A verbatim reproduction of all the entries is needed.
Input records below:
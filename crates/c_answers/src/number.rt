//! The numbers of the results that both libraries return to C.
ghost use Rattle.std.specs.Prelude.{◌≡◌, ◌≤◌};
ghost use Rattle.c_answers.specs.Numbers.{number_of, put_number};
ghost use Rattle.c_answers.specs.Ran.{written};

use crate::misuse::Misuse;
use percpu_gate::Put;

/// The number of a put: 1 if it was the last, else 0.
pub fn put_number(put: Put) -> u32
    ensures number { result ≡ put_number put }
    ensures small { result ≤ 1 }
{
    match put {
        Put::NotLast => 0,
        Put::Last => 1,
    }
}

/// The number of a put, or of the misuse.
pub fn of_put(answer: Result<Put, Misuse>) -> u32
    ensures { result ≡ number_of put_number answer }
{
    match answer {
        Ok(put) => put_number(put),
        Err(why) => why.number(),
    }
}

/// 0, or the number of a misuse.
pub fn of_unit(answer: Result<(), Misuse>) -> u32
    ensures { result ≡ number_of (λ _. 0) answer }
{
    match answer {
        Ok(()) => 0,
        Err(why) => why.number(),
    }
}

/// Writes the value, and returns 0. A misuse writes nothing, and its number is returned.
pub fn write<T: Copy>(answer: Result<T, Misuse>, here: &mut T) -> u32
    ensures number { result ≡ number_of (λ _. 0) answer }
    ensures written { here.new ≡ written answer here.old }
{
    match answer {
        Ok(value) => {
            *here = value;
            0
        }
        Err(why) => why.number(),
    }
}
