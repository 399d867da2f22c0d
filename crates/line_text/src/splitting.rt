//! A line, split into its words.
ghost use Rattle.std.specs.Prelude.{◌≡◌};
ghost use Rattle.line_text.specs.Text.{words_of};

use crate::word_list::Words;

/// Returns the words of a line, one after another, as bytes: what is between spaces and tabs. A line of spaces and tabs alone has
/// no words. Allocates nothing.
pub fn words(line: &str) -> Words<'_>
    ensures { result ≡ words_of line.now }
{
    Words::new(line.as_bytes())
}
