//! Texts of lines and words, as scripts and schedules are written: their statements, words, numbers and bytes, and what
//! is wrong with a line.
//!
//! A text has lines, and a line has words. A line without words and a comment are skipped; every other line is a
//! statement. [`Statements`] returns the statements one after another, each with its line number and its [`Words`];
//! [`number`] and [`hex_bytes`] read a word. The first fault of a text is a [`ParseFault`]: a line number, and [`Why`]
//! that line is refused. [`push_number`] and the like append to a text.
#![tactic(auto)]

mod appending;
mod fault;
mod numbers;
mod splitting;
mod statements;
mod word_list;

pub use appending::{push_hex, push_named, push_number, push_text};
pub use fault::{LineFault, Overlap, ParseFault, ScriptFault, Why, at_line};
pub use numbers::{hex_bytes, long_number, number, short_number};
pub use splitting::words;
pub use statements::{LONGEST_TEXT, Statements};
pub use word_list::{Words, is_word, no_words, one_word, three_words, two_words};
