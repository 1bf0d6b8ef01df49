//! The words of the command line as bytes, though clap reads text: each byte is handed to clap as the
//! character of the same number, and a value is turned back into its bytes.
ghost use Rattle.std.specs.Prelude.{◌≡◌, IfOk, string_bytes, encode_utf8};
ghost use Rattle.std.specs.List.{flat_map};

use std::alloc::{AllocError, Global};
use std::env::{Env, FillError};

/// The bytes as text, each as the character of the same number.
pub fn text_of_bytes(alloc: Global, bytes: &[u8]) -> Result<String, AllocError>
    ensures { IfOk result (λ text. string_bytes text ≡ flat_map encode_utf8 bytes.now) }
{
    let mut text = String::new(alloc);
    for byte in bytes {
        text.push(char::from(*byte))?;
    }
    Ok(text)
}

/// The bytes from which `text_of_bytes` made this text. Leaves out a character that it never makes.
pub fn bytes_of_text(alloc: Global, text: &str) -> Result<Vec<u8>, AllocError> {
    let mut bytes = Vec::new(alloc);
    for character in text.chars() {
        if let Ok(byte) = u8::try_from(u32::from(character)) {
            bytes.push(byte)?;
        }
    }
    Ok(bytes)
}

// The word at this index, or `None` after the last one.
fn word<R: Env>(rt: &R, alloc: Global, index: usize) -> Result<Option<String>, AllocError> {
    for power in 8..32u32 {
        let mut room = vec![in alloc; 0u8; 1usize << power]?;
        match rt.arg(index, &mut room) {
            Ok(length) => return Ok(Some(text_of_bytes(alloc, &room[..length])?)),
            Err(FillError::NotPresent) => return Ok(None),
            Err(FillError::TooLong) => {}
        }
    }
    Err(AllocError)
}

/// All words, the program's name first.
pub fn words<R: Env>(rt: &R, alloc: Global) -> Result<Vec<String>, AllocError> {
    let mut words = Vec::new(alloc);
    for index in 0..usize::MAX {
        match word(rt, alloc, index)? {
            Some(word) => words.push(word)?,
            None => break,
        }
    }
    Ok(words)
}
End of Input records.
### Answer to this problem
filename crates/c_answers/src/number.rt
//! The numbers of the results that both libraries return to C.
ghost use Rattle.std.specs.Prelude.{◌≡◌, ◌≤◌};
ghost use Rattle.c_answers.specs.Numbers.{number_of, put_number};
ghost use Rattle.c_answers.specs.Ran.{written};

use crate::misuse::Misuse;
use percpu_gate::Put;

/// The number of a put: 1 if it was the last, else 0.
pub fn put_number(put: Put) -> u32
    ensures number { result ≡ put_number put }
    ensures small { result ≤ 1 }
{
    match put {
        Put::NotLast => 0,
        Put::Last => 1,
    }
}

/// The number of a put, or of the misuse.
pub fn of_put(answer: Result<Put, Misuse>) -> u32
    ensures { result ≡ number_of put_number answer }
{
    match answer {
        Ok(put) => put_number(put),
        Err(why) => why.number(),
    }
}

/// 0, or the number of a misuse.
pub fn of_unit(answer: Result<(), Misuse>) -> u32
    ensures { result ≡ number_of (λ _. 0) answer }
{
    match answer {
        Ok(()) => 0,
        Err(why) => why.number(),
    }
}

/// Writes the value, and returns 0. A misuse writes nothing, and its number is returned.
pub fn write<T: Copy>(answer: Result<T, Misuse>, here: &mut T) -> u32
    ensures number { result ≡ number_of (λ _. 0) answer }
    ensures written { here.new ≡ written answer here.old }
{
    match answer {
        Ok(value) => {
            *here = value;
            0
        }
        Err(why) => why.number(),
    }
}
repository 399d867da2f22c0d
filename crates/line_text/src/splitting.rt
//! A line, split into its words.
ghost use Rattle.std.specs.Prelude.{◌≡◌};
ghost use Rattle.line_text.specs.Text.{words_of};

use crate::word_list::Words;

/// Returns the words of a line, one after another, as bytes: what is between spaces and tabs. A line of spaces and tabs alone has
/// no words. Allocates nothing.
pub fn words(line: &str) -> Words<'_>
    ensures { result ≡ words_of line.now }
{
    Words::new(line.as_bytes())
}
//! Texts of lines and words, as scripts and schedules are written: their statements, words, numbers and bytes, and what
//! is wrong with a line.
//!
//! A text has lines, and a line has words. A line without words and a comment are skipped; every other line is a
//! statement. [`Statements`] returns the statements one after another, each with its line number and its [`Words`];
//! [`number`] and [`hex_bytes`] read a word. The first fault of a text is a [`ParseFault`]: a line number, and [`Why`]
//! that line is refused. [`push_number`] and the like append to a text.
#![tactic(auto)]

mod appending;
mod fault;
mod numbers;
mod splitting;
mod statements;
mod word_list;

pub use appending::{push_hex, push_named, push_number, push_text};
pub use fault::{LineFault, Overlap, ParseFault, ScriptFault, Why, at_line};
pub use numbers::{hex_bytes, long_number, number, short_number};
pub use splitting::words;
pub use statements::{LONGEST_TEXT, Statements};
pub use word_list::{Words, is_word, no_words, one_word, three_words, two_words};
repository 1bf0d6b8ef01df49
//! The words of the command line as bytes, though clap reads text: each byte is handed to clap as the
//! character of the same number, and a value is turned back into its bytes.
ghost use Rattle.std.specs.Prelude.{◌≡◌, IfOk, string_bytes, encode_utf8};
ghost use Rattle.std.specs.List.{flat_map};

use std::alloc::{AllocError, Global};
use std::env::{Env, FillError};

/// The bytes as text, each as the character of the same number.
pub fn text_of_bytes(alloc: Global, bytes: &[u8]) -> Result<String, AllocError>
    ensures { IfOk result (λ text. string_bytes text ≡ flat_map encode_utf8 bytes.now) }
{
    let mut text = String::new(alloc);
    for byte in bytes {
        text.push(char::from(*byte))?;
    }
    Ok(text)
}

/// The bytes from which `text_of_bytes` made this text. Leaves out a character that it never makes.
pub fn bytes_of_text(alloc: Global, text: &str) -> Result<Vec<u8>, AllocError> {
    let mut bytes = Vec::new(alloc);
    for character in text.chars() {
        if let Ok(byte) = u8::try_from(u32::from(character)) {
            bytes.push(byte)?;
        }
    }
    Ok(bytes)
}

// The word at this index, or `None` after the last one.
fn word<R: Env>(rt: &R, alloc: Global, index: usize) -> Result<Option<String>, AllocError> {
    for power in 8..32u32 {
        let mut room = vec![in alloc; 0u8; 1usize << power]?;
        match rt.arg(index, &mut room) {
            Ok(length) => return Ok(Some(text_of_bytes(alloc, &room[..length])?)),
            Err(FillError::NotPresent) => return Ok(None),
            Err(FillError::TooLong) => {}
        }
    }
    Err(AllocError)
}

/// All words, the program's name first.
pub fn words<R: Env>(rt: &R, alloc: Global) -> Result<Vec<String>, AllocError> {
    let mut words = Vec::new(alloc);
    for index in 0..usize::MAX {
        match word(rt, alloc, index)? {
            Some(word) => words.push(word)?,
            None => break,
        }
    }
    Ok(words)
}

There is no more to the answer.